For those who don’t have synthetic grass in their yards, it’s that time of year to concentrate on protecting your natural lawn from the cold weather. There are several ways to keep your lawn happy and healthy throughout the winter, as long as you have the time and energy to put into it.
The challenge with keeping lawns green and happy during the winter months is that so many Australians seed grasses which are designed to stand up to our hot summers. This keeps the majority of yards green and lush in the warmer months. Yet, as the seasons change, these warm season grasses fall into a state of partial hibernation and delayed growth. The result? Dull, unattractive lawns with thin patches that just won’t rally. When the growing season comes around again, your lawn still may not recover. That is, not unless it’s properly taken care of through the winter.
If you’ve waited until now to begin preparing your lawn for winter, you’re in for an unpleasant surprise. The real secret to a gorgeous winter lawn is to start putting extra work back in autumn. After winter arrives, the cold weather will prevent your lawn from returning to top health. Your grass has to be in good shape well before winter if you want it to flourish. A weakened lawn won’t have the chance to recover during the cold season, and may die out.
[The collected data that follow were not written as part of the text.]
/// How a fault while reading is written.
fn fault_of(fault: ReadingFault) -> &'static [u8] {
    match fault {
        ReadingFault::Lexical => b" 10",
        ReadingFault::UnknownMacro => b" 11",
        ReadingFault::TooMany => b" 18",
    }
}

/// How a fault of a definition is written.
fn refusal_of(fault: DefinitionFault) -> &'static [u8] {
    match fault {
        DefinitionFault::Macro => b" 11",
        DefinitionFault::Syntax => b" 12",
        DefinitionFault::Memory => b" memory",
    }
}

/// The macro of a statement that defines one; else why not is appended.
fn push_definition<'t: 's, 's>(
    alloc: Global,
    out: &mut Vec<u8>,
    mut parser: Parser<'t, 's>,
) -> Result<Option<Macro>, Fail> {
    match definition(alloc, Profile::One, &mut parser) {
        Ok(made) => Ok(Some(made)),
        Err(fault) => {
            push(out, b"", refusal_of(fault), b"")?;
            Ok(None)
        }
    }
}

/// What a statement gives: a macro, or its tokens.
fn push_statement<'t: 's, 's>(
    alloc: Global,
    out: &mut Vec<u8>,
    parser: Parser<'t, 's>,
) -> Result<Option<Macro>, Fail> {
    if let Some(fault) = parser.fault() {
        push(out, b"", fault_of(fault), b"")?;
        return Ok(None);
    }
    if parser.is_definition() {
        return push_definition(alloc, out, parser);
    }
    push_tokens(out, parser)?;
    Ok(None)
}

/// The macro is known from now on.
fn know(alloc: Global, macros: &mut Macros, made: Option<Macro>) -> Result<(), Fail> {
    match made {
        Some(made) => Ok(macros.push(alloc, made)?),
        None => Ok(()),
    }
}

/// Appends the statement in this line, with a semicolon, unless it is empty: the text behind it.
fn push_line<'t>(
    alloc: Global,
    out: &mut Vec<u8>,
    macros: &mut Macros,
    lexer: Lexer<'t>,
    line: u64,
) -> Result<Lexer<'t>, Fail> {
    let parser = Parser::begin(lexer, macros);
    let behind = parser.finish();
    if parser.at_end() {
        return Ok(behind);
    }
    push(out, b"", &[b'0' + (line % 10) as u8], b"")?;
    let made = push_statement(alloc, out, parser)?;
    know(alloc, macros, made)?;
    push(out, b"", b";", b"")?;
    Ok(behind)
}

/// Appends the statements of a ruleset.
fn push_lines<'t>(
    alloc: Global,
    out: &mut Vec<u8>,
    macros: &mut Macros,
    text: Lexer<'t>,
) -> Result<(), Fail> {
    let mut lexer = text;
    for _ in 0..100 {
        let Some(line) = lexer.next_statement() else {
            break;
        };
        lexer = push_line(alloc, out, macros, lexer, line)?;
    }
    Ok(())
}

/// The same with no macro known.
fn push_text(alloc: Global, out: &mut Vec<u8>, text: &Text) -> Result<(), Fail> {
    let mut macros = Macros::new(alloc);
    push_lines(alloc, out, &mut macros, text.lexer())
}

/// The statements of a ruleset, each with its line and a semicolon.
fn statements(alloc: Global, text: &Text) -> Result<Vec<u8>, Fail> {
    let mut out = Vec::new(alloc);
    push_text(alloc, &mut out, text)?;
    Ok(out)
}

/// The text has these statements.
fn expect_statements(alloc: Global, text: &[u8], want: &str) -> Result<(), Fail> {
    let text = Text::new(alloc, text)?;
    let found = statements(alloc, &text)?;
    expect(found.as_slice() == want.as_bytes(), want)
}

/// Each text has these statements.
fn expect_each(alloc: Global, rows: &[(&str, &str)]) -> Result<(), Fail> {
    for (text, want) in rows {
        expect_statements(alloc, text.as_bytes(), want)?;
    }
    Ok(())
}

#[test]
fn texts_are_cut_into_tokens(rt: HostRuntime) -> Result<(), Fail> {
    expect_each(
        rt.alloc(),
        &[
            ("pass in\nblock\n", "1 pass in;2 block;"),
            ("\n\n pass # all\n# in\n\tblock", "3 pass;5 block;"),
            (
                "pass from 10.0.0.0/8 to fe80::1",
                "1 pass from 10.0.0.0 / 8 to fe80::1;",
            ),
            (
                "!= <= <> >= >< < > = ! / , ( ) } {",
                "1 != <= <> >= >< < > = ! / , ( ) } {;",
            ),
            ("!=!<=<><>=>=><", "1 != ! <= <> <> = >= ><;"),
            ("a<b a>b a><b", "1 a < b a > b a >< b;"),
            (
                "set skip on { lo0\n em0 }\npass",
                "1 set skip on { lo0 NL em0 };3 pass;",
            ),
            ("pass }\nblock", "1 pass };2 block;"),
            ("anchor \"a b\"", "1 anchor \"a b\";"),
            ("\"a#b\" \"\"", "1 \"a#b\" \"\";"),
        ],
    )
}

#[test]
fn lines_are_joined_once(rt: HostRuntime) -> Result<(), Fail> {
    expect_each(
        rt.alloc(),
        &[
            ("pa\\\nss\nblock", "1 pass;3 block;"),
            ("pass \\\n in\nblock", "1 pass in;3 block;"),
            ("\\\n\\\npass\n\\\nblock", "3 pass;5 block;"),
            ("pass # a \\\n in\nblock", "1 pass;3 block;"),
            ("\"a\\\nb\"\nblock", "1 \"ab\";3 block;"),
            ("!\\\n= a", "1 != a;"),
            ("pass \\\\\n\nblock", "1 10;3 block;"),
            ("pass \\", "1 10;"),
        ],
    )
}

#[test]
fn faults_while_reading(rt: HostRuntime) -> Result<(), Fail> {
    expect_each(
        rt.alloc(),
        &[
            ("pass &", "1 10;"),
            ("\n\"abc\npass", "2 10;3 pass;"),
            ("\"a\\b\"", "1 10;"),
            ("pass $", "1 10;"),
            ("pass $a-b", "1 11;"),
            ("pass $a &", "1 11;"),
            ("pass & $a", "1 10;"),
            ("# \u{e9} & \"\npass", "2 pass;"),
        ],
    )
}

#[test]
fn macros_are_replaced(rt: HostRuntime) -> Result<(), Fail> {
    expect_each(
        rt.alloc(),
        &[
            ("a = \"in quick\"\npass $a", "1;2 pass in quick;"),
            ("a = b\nc = $a d $a\nx $c $c", "1;2;3 x b d b b d b;"),
            ("a = b\na = c\n$a", "1;2;3 c;"),
            ("a = \"\"\n\n$a\n$a $b", "1;4 11;"),
            ("a = \"{ b\"\n$a\n}\nc", "1;2 { b NL };4 c;"),
            ("a = \"x;y\"\n\npass\n$a", "1;3 pass;4 10;"),
            ("a = \"<\"\n$a=", "1;2 < =;"),
            ("a = b\n$a = c", "1;2 b = c;"),
            ("a = \"x = \"\n$a y", "1;2 x = y;"),
            ("a = \"< 5\"\nb = $a x\n$b", "1;2;3 < 5 x;"),
            ("a-b = c", "1 11;"),
            ("1 = \"c d\"\n$1", "1;2 c d;"),
            ("a = \"b$c\"", "1 11;"),
            ("a = \"b#c\" /", "1 11;"),
            ("a = b /", "1 12;"),
            ("a =", "1 12;"),
            ("a = { b\n}", "1 12;"),
            ("a = $b", "1 11;"),
        ],
    )
}

/// Whether the text defines a macro, or why not.
fn defined(
    alloc: Global,
    profile: Profile,
    text: &Text,
    macros: &Macros,
) -> Result<(), DefinitionFault> {
    let mut parser = Parser::begin(text.lexer(), macros);
    match definition(alloc, profile, &mut parser) {
        Ok(_) => Ok(()),
        Err(fault) => Err(fault),
    }
}

fn expect_definition(
    alloc: Global,
    profile: Profile,
    text: &str,
    want: Result<(), DefinitionFault>,
) -> Result<(), Fail> {
    let cut = Text::new(alloc, text.as_bytes())?;
    let macros = Macros::new(alloc);
    expect(defined(alloc, profile, &cut, &macros) == want, text)
}

#[test]
fn a_reserved_name_defines_no_macro(rt: HostRuntime) -> Result<(), Fail> {
    for (profile, text, want) in [
        (Profile::One, "passed = in", Ok(())),
        (Profile::Two, "passed = in", Ok(())),
        (Profile::One, "pass = in", Err(DefinitionFault::Macro)),
        (Profile::Two, "pass = in", Err(DefinitionFault::Macro)),
    ] {
        expect_definition(rt.alloc(), profile, text, want)?;
    }
    Ok(())
}

/// Appends that many parts.
fn push_parts(text: &mut Vec<u8>, part: &[u8], count: u32) -> Result<(), Fail> {
    for _ in 0..count {
        text.extend_from_slice(part)?;
    }
    Ok(())
}

/// A text of that many parts.
fn repeated(
    alloc: Global,
    before: &[u8],
    part: &[u8],
    count: u32,
    behind: &[u8],
) -> Result<Vec<u8>, Fail> {
    let mut text = Vec::new(alloc);
    text.extend_from_slice(before)?;
    push_parts(&mut text, part, count)?;
    text.extend_from_slice(behind)?;
    Ok(text)
}

/// The first statement of the text has this fault, or none.
fn expect_fault(alloc: Global, text: &Text, fault: Option<ReadingFault>) -> Result<(), Fail> {
    let macros = Macros::new(alloc);
    let parser = Parser::begin(text.lexer(), &macros);
    expect(parser.fault() == fault, "another fault")
}

/// The same of a ruleset of that many parts.
fn expect_fault_of(
    alloc: Global,
    part: &str,
    count: u32,
    fault: Option<ReadingFault>,
) -> Result<(), Fail> {
    let given = repeated(alloc, b"", part.as_bytes(), count, b"")?;
    let text = Text::new(alloc, &given)?;
    expect_fault(alloc, &text, fault)
}

#[test]
fn limits_while_reading(rt: HostRuntime) -> Result<(), Fail> {
    for (part, count, fault) in [
        ("a ", 65536, None),
        ("a ", 65537, Some(ReadingFault::TooMany)),
        ("{", 64, None),
        ("{", 65, Some(ReadingFault::TooMany)),
        ("{}", 65, None),
        ("{\n", 64, None),
    ] {
        expect_fault_of(rt.alloc(), part, count, fault)?;
    }
    Ok(())
}

/// What a macro of that many `x`, ended so, gives.
fn expect_macro(alloc: Global, behind: &str, count: u32, want: &str) -> Result<(), Fail> {
    let text = repeated(alloc, b"a = \"", b"x", count, behind.as_bytes())?;
    expect_statements(alloc, &text, want)
}

#[test]
fn limits_of_macros(rt: HostRuntime) -> Result<(), Fail> {
    for (behind, count, want) in [
        ("\"\n", 4096, "1;"),
        ("\"\n", 4097, "1 11;"),
        ("\" b\n", 4094, "1;"),
        ("\" b\n", 4095, "1 11;"),
        ("\" / b\n", 4095, "1 11;"),
        ("\" / b\n", 4094, "1 12;"),
    ] {
        expect_macro(rt.alloc(), behind, count, want)?;
    }
    macros_as_spelled();
    Ok(())
}

/// How many answers the text lists, and how deep; none where it isn't a list.
fn listed(alloc: Global, text: &Text, macros: &Macros) -> Option<(usize, u64)> {
    let mut parser = Parser::begin(text.lexer(), macros);
    match some::<Answer>(alloc, Profile::Two, &mut parser) {
        Ok(listed) => Some((listed.items.len(), listed.deepest)),
        Err(_) => None,
    }
}

fn expect_listed(alloc: Global, text: &str, want: Option<(usize, u64)>) -> Result<(), Fail> {
    let cut = Text::new(alloc, text.as_bytes())?;
    let macros = Macros::new(alloc);
    expect(listed(alloc, &cut, &macros) == want, text)
}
Your first treatment of winter-specific fertiliser must be applied prior to winter setting in, by May at the latest. Although the method of applying fertiliser is the same in the winter as it is in summer, the fertiliser itself must compensate for the season. Winter fertilisers contain more iron, which helps lawns retain their strength during the long season.
One treatment of fertiliser won’t be enough, however. The second application should be scheduled to follow about two months after the initial treatment. July is a good time to refresh your lawn with the much-needed nutrients which are packed into your winter fertiliser. Ideally, you should already be maintaining a regular fertilising schedule for your lawn throughout the year. If this is the case, just be sure to change fertiliser types over to a winter fertiliser and continue your normal routine.
Aerating and Acidity
Roughly two weeks before you fertilise, double check the acidity of your soil. Many fertilisers are acid, so you may have to take extra steps to return the soil closer to neutral. Dolomite lime is one solution for adjusting your pH. It should be added to your soil about two weeks before you plan to fertilise.
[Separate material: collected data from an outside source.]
impl<'a> Parser<'a> {
    pub(crate) fn new(alloc: Global, tokens: &'a [Token], mode: Mode, is_main: bool) -> Parser<'a>
        ensures { result ≡ beginning tokens.now mode is_main }
    {
        let place = end_of(tokens);
        Parser {
            alloc,
            tokens,
            at: 0,
            end: Token {
                kind: Kind::Newline,
                place,
                text: Items::new(alloc),
            },
            mode,
            is_main,
            rank: Rank::Options,
            is_ordered: true,
            within: 0,
            depth: 0,
            tree: Tree {
                skips: Items::new(alloc),
                rules: Items::new(alloc),
                braces: Items::new(alloc),
                tables: Items::new(alloc),
                loads: Items::new(alloc),
            },
            notes: Items::new(alloc),
        }
    }

    pub(crate) fn alloc(&self) -> Global {
        self.alloc
    }

    /// The number of the innermost braces that are open.
    pub(crate) fn within(&self) -> usize
        ensures { result ≡ self.now.within }
    {
        self.within
    }

    /// Whether there is no token left.
    #[tactic(auto, using(crate::proofs::Steps::none_left, crate::proofs::Steps::some_left))]
    pub(crate) fn is_at_end(&self) -> bool
        ensures { result ≡ is_at_end self.now }
    {
        self.at >= self.tokens.len()
    }

    /// The next token.
    #[tactic(auto, using(crate::proofs::Steps::first_at, crate::proofs::Steps::first_past), unfolding(crate::specs::Reading::next))]
    pub(crate) fn next(&self) -> &Token
        ensures { result.now ≡ next self.now }
    {
        if self.at < self.tokens.len() {
            return &self.tokens[self.at];
        }
        &self.end
    }

    /// The token behind the next one.
    #[tactic(auto, using(crate::proofs::Steps::first_at, crate::proofs::Steps::first_past, crate::proofs::Steps::rest_at), unfolding(crate::specs::Reading::second))]
    pub(crate) fn second(&self) -> &Token
        ensures { result.now ≡ second self.now }
    {
        if self.at < self.tokens.len() && self.at + 1 < self.tokens.len() {
            return &self.tokens[self.at + 1];
        }
        &self.end
    }

    /// The place of the next token.
    pub(crate) fn place(&self) -> Place
        ensures { result ≡ (next self.now).place }
    {
        self.next().place
    }

    /// The text of the next token.
    pub(crate) fn text(&self) -> Result<Bytes, AllocError>
        ensures { IfOk result (λ b. b ≡ text_of (next self.now).text) }
    {
        self.next().bytes(self.alloc())
    }

    /// Takes the next token.
    #[tactic(auto, using(crate::proofs::Steps::rest_at, crate::proofs::Steps::rest_past), unfolding(crate::specs::Reading::after_token))]
    pub(crate) fn take(&mut self)
        ensures { self.new ≡ after_token self.old }
    {
        if self.at < self.tokens.len() {
            self.at += 1;
        }
    }

    /// Takes the next token, and returns its place.
    #[tactic(auto, unfolding(crate::specs::Reading::token))]
    pub(crate) fn take_place(&mut self) -> Place
        ensures place { result ≡ (next self.old).place }
        ensures taken { self.new ≡ after_token self.old }
    {
        let place = self.place();
        self.take();
        place
    }

    pub(crate) fn next_is_newline(&self) -> bool
        ensures { result ≡ is_newline (next self.now) }
    {
        self.next().is_newline()
    }

    pub(crate) fn next_is_word(&self, word: &[u8]) -> bool
        ensures { result ≡ is_word word.now (next self.now) }
    {
        self.next().is_word(word)
    }

    pub(crate) fn next_is_symbol(&self, symbol: &[u8]) -> bool
        ensures { result ≡ is_symbol symbol.now (next self.now) }
    {
        self.next().is_symbol(symbol)
    }

    /// Takes this word, and returns whether it was the next one.
    #[tactic(auto, unfolding(crate::specs::Reading::takes_word))]
    pub(crate) fn takes_word(&mut self, word: &[u8]) -> bool
        ensures { takes_word word.now self.old ≡ Ok (result, self.new) }
    {
        let is_next = self.next_is_word(word);
        if is_next {
            self.take();
        }
        is_next
    }

    /// Takes this symbol, and returns whether it was the next one.
    #[tactic(auto, unfolding(crate::specs::Reading::takes_symbol))]
    pub(crate) fn takes_symbol(&mut self, symbol: &[u8]) -> bool
        ensures { takes_symbol symbol.now self.old ≡ Ok (result, self.new) }
    {
        let is_next = self.next_is_symbol(symbol);
        if is_next {
            self.take();
        }
        is_next
    }

    #[tactic(auto, unfolding(crate::specs::Reading::expect_word, crate::specs::Reading::takes_word))]
    pub(crate) fn expect_word(&mut self, word: &[u8]) -> Result<(), Stop>
        ensures { Takes result self.new (expect_word word.now self.old) }
    {
        if self.takes_word(word) {
            return Ok(());
        }
        Err(self.unexpected())
    }

    #[tactic(auto, unfolding(crate::specs::Reading::expect_symbol, crate::specs::Reading::takes_symbol))]
    pub(crate) fn expect_symbol(&mut self, symbol: &[u8]) -> Result<(), Stop>
        ensures { Takes result self.new (expect_symbol symbol.now self.old) }
    {
        if self.takes_symbol(symbol) {
            return Ok(());
        }
        Err(self.unexpected())
    }

    /// The tokens that are left.
    fn tokens_left(&self) -> &[Token]
        ensures { result.now ≡ self.now.left }
    {
        &self.tokens[self.at..]
    }

    /// How often something can be done that takes a token each time but the last.
    pub(crate) fn turns(&self) -> usize
        ensures { result ≡ length self.now.left + 1 }
    {
        self.tokens.len() - self.at + 1
    }

    /// Takes so many tokens.
    fn skip(&mut self, count: usize)
        requires { count ≤ length self.old.left }
        ensures { self.new ≡ record self.old { left = drop count self.old.left } }
    {
        self.at += count;
    }

    /// Takes the newlines that come next.
    #[tactic(auto, unfolding(crate::specs::Reading::newlines))]
    pub(crate) fn skip_newlines(&mut self)
        ensures { newlines self.old ≡ Ok (tt, self.new) }
    {
        self.skip(newlines_before(self.tokens_left()));
    }

    #[tactic(auto, unfolding(crate::specs::Reading::end_line))]
    pub(crate) fn end_line(&mut self) -> Result<(), Stop>
        ensures { Takes result self.new (end_line self.old) }
    {
        if !self.next_is_newline() {
            return Err(self.unexpected());
        }
        self.take();
        Ok(())
    }

    /// The fault of a next token at which no text can go on.
    #[tactic(auto, unfolding(crate::specs::Reading::unexpected_at))]
    pub(crate) fn unexpected(&self) -> Stop
        ensures { TellsStop result (unexpected_at (next self.now)) }
    {
        if self.next_is_newline() {
            return refusal(self.place(), Mistake::LineEnds);
        }
        let Ok(text) = self.text() else {
            return Stop::Memory;
        };
        match reason_for(self.next()) {
            Some(reason) => refusal(self.place(), Mistake::Refused(text, reason)),
            None => refusal(self.place(), Mistake::Misplaced(text)),
        }
    }

    /// The fault of a next token that isn't there for this reason.
    #[tactic(auto, unfolding(crate::specs::Reading::refused_at))]
    pub(crate) fn refused(&self, reason: Reason) -> Stop
        ensures { TellsStop result (refused_at reason (next self.now)) }
    {
        match self.text() {
            Ok(text) => refusal(self.place(), Mistake::Refused(text, reason)),
            Err(_) => Stop::Memory,
        }
    }

    /// Takes a string.
    #[tactic(auto, unfolding(crate::specs::Reading::string))]
    pub(crate) fn string(&mut self) -> Result<Token, Stop>
        ensures { Takes result self.new (string self.old) }
    {
        if !self.next().is_string() {
            return Err(self.unexpected());
        }
        self.token()
    }

    /// Takes a string or a number.
    #[tactic(auto, unfolding(crate::specs::Reading::value))]
    pub(crate) fn value(&mut self) -> Result<Token, Stop>
        ensures { Takes result self.new (value self.old) }
    {
        let next = self.next();
        if !next.is_string() && !next.is_number() {
            return Err(self.unexpected());
        }
        self.token()
    }

    /// Takes the next token, whatever it is.
    #[tactic(auto, unfolding(crate::specs::Reading::token))]
    pub(crate) fn token(&mut self) -> Result<Token, Stop>
        ensures { Takes result self.new (token self.old) }
    {
        let token = self.next().copied(self.alloc())?;
        self.take();
        Ok(token)
    }

    /// Whether a list without items comes next.
    #[tactic(auto, unfolding(crate::specs::Reading::is_empty_list))]
    pub(crate) fn next_is_empty_list(&self) -> bool
        ensures { result ≡ is_empty_list self.now.left }
    {
        match self.tokens_left() {
            [_, after_token @ ..] => closes_list(after_token),
            [] => false,
        }
    }

    /// Takes the rest of a line, which may have lists.
    #[tactic(auto, unfolding(crate::specs::Reading::skip_line))]
    pub(crate) fn skip_line(&mut self) -> Result<(), Stop>
        ensures { Takes result self.new (skip_line self.old) }
    {
        self.skip(length_of_line(self.tokens_left()));
        self.end_line()
    }

    /// Takes what stands in parentheses on one line, if they come next.
    #[tactic(auto, unfolding(crate::specs::Reading::skip_parentheses))]
    pub(crate) fn skip_parentheses(&mut self) -> Result<(), Stop>
        ensures { Takes result self.new (skip_parentheses self.old) }
    {
        if !self.takes_symbol(b"(") {
            return Ok(());
        }
        self.skip(length_to_parenthesis(self.tokens_left()));
        self.expect_symbol(b")")
    }

    #[tactic(auto, unfolding(crate::specs::Reading::note))]
    pub(crate) fn note(&mut self, place: Place, remark: Remark) -> Result<(), Stop>
        ensures { Takes result self.new (note place remark self.old) }
    {
        self.notes.push(At { place, is: remark })?;
        Ok(())
    }

    /// Leaves something out, which is a fault unless the reading is lenient.
    #[tactic(auto, unfolding(crate::specs::Reading::leave_out))]
    pub(crate) fn leave_out(&mut self, place: Place, what: LeftOut) -> Result<(), Stop>
        ensures { Takes result self.new (leave_out place what self.old) }
    {
        match self.mode {
            Mode::Strict => Err(refusal(place, Mistake::LeftOut(what))),
            Mode::Lenient => self.note(place, Remark::LeftOut(what)),
        }
    }

    /// The same of the next word, which is taken.
    #[tactic(auto, unfolding(crate::specs::Reading::leave_out_next, crate::specs::Reading::token))]
    pub(crate) fn leave_out_next(&mut self) -> Result<(), Stop>
        ensures { Takes result self.new (leave_out_next self.old) }
    {
        let text = self.text()?;
        let place = self.take_place();
        self.leave_out(place, LeftOut::Word(text))
    }

    /// Checks that a line of this rank can come next.
    #[tactic(auto, unfolding(crate::specs::Reading::in_order))]
    pub(crate) fn in_order(&mut self, place: Place, rank: Rank) -> Result<(), Stop>
        ensures { Takes result self.new (in_order place rank self.old) }
    {
        if self.is_ordered && self.rank.number() > rank.number() {
            return Err(refusal(place, Mistake::Order));
        }
        self.rank = rank;
        Ok(())
    }
}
In addition to checking your pH, you should also make sure that all the necessary nutrients and moisture are able to get down to the roots of your lawn where they’re most needed. Winter is a good time for lawn aeration. A garden fork should be inserted approximately every 15 centimetres across the entire area of your lawn to ensure even aeration. Depending on how cold it is, you may have to put a good amount of energy into breaking the ground up enough to be effective.
Without the warm weather which encourages growth, most grasses will lose their colour and have trouble recovering from any damage. This leaves lawns particularly vulnerable during the winter months, as the grass lacks enough energy or nutrients to repair itself or stay in good health.
Making sure your grass is suited to cooler weather, changing your fertiliser, and maintaining proper pH balance and aeration are the bare minimum required for you to keep up a green, healthy-looking lawn during the winter.
Alternatively, you may consider a lower-maintenance option which will stay green with no extra effort on your part: invest in an artificial lawn. With nothing to mow, weed, fertilise or aerate, synthetic grass can bring beauty to your yard no matter the season.